* [PROBLEM STATEMENT]
Your job with the data below is to output exactly the lines from the one holding "tells of the" down to the one holding "if let Some(common)", both included, and no others.

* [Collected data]
::::::::
//! How a program over a file starts.

/// The body of `main` of a program over the text of a file. It reads the words of the command line, and tells of the
/// program where these ask for that. It reads the request that they make, and the text of the file `request.file`. The
/// closure's body gives the status. What cannot be read is reported, and the status is 2.
#[macro_export]
macro_rules! over_file {
    ($rt:ident, $program:ident, $read:ident, |$request:ident, $text:ident, $out:ident, $err:ident| $status:expr) => {{
        let (mut $out, mut $err) = ($rt.stdout(), $rt.stderr());
        let Ok(words) = $crate::words::read_words(&$rt) else {
            return $crate::fault::exit_code($crate::fault::report(&mut $err, $program.usage));
        };
        if let Some(common) = $crate::words::read_common(words.as_slice()) {
            return $crate::fault::exit_code($program.tell(common, &mut $out, &mut $err));
        }
        let $request = match $read(words.as_slice()) {
            Ok(request) => request,
            Err(wrong) => {
                return $crate::fault::exit_code($program.refuse($rt.alloc(), &wrong, &mut $err));
            }
        };
        let $text = match std::fs::read_to_string(&$rt, $request.file) {
            Ok(text) => text,
            Err(error) => {
                let kind = error.kind();
                let status = $program.report_unread($rt.alloc(), $request.file, kind, &mut $err);
                return $crate::fault::exit_code(status);
            }
        };
        $crate::fault::exit_code($status)
    }};
}
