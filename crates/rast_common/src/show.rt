//! How a program shows what it made of a text, or reports the fault that came in its place.
ghost use Rattle.std.specs.Prelude.{◌≡◌, ◌<◌, ◌≤◌, OnOk, length, string_bytes};
ghost use Rattle.std.specs.Io.KnownBytes.{Appends};
ghost use Rattle.rast_common.specs.Ran.{Ends};
ghost use Rattle.rast_common.specs.Shown.{Shown, plain};

use crate::fault::{Fault, report_fault};
use crate::indented::IndentedText;
use std::io;

/// A page: what is made of a text, and can be written. Each type of pages says in `shown` which bytes are written, and
/// which status the program has then.
pub trait Show {
    ghost shown: { Self → Shown };

    /// Writes the page. The error is that of a write; then a prefix may have been written.
    fn write<W: io::Write>(&self, out: &mut W) -> io::Result<()>
        ensures { OnOk result (Appends (W.contents out.old) (W.contents out.new) (shown self.now).bytes) };

    /// The status of a program that has written the page.
    fn status(&self) -> u8
        ensures own { result ≡ (shown self.now).status }
        ensures no_fault { result < 2 };
}

/// A text without a message: its status is 0.
impl Show for String {
    ghost shown = { λ text. plain (string_bytes text) };

    fn write<W: io::Write>(&self, out: &mut W) -> io::Result<()> {
        out.write_all(self.as_bytes())
    }

    fn status(&self) -> u8 {
        0
    }
}

/// A text without a message: its status is 0.
impl Show for IndentedText {
    ghost shown = { plain };

    fn write<W: io::Write>(&self, out: &mut W) -> io::Result<()> {
        self.write_to(out)
    }

    fn status(&self) -> u8 {
        0
    }
}

/// Writes the page, and flushes the output.
fn write_whole<P: Show, W: io::Write>(page: &P, out: &mut W) -> io::Result<()>
    ensures { OnOk result (Appends (W.contents out.old) (W.contents out.new) (P.shown page.now).bytes) }
{
    page.write(out)?;
    out.flush()
}

/// Ends the program of this name, whose name has at most 64 bytes: writes the page that it made, or reports the fault
/// that came in its place.
///
/// Returns the program's status: that of the page where it was written, and 2 at a fault, which is reported on `err` in
/// one line. At a fault nothing is written to `out`, unless `out` itself refused a write, which is reported too. The
/// error is that of `err`, where it refused the report. No memory is allocated, unless the page's own write does.
pub fn finish<P: Show + Drop, W: io::Write, V: io::Write>(
    name: &str,
    made: Result<P, Fault>,
    out: &mut W,
    err: &mut V,
) -> io::Result<u8>
    requires { length name.now ≤ 64 }
    ensures { Ends name.now P.shown made W.contents out.old out.new V.contents err.old err.new result }
{
    let page = match made {
        Ok(page) => page,
        Err(fault) => return report_fault(name, fault, err),
    };
    let Ok(()) = write_whole(&page, out) else {
        return report_fault(name, Fault::CannotWrite, err);
    };
    Ok(page.status())
}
::::::::
* [COMPLETED TASK]
/// The body of `main` of a program over the text of a file. It reads the words of the command line, and tells of the
/// program where these ask for that. It reads the request that they make, and the text of the file `request.file`. The
/// closure's body gives the status. What cannot be read is reported, and the status is 2.
#[macro_export]
macro_rules! over_file {
    ($rt:ident, $program:ident, $read:ident, |$request:ident, $text:ident, $out:ident, $err:ident| $status:expr) => {{
        let (mut $out, mut $err) = ($rt.stdout(), $rt.stderr());
        let Ok(words) = $crate::words::read_words(&$rt) else {
            return $crate::fault::exit_code($crate::fault::report(&mut $err, $program.usage));
        };
        if let Some(common) = $crate::words::read_common(words.as_slice()) {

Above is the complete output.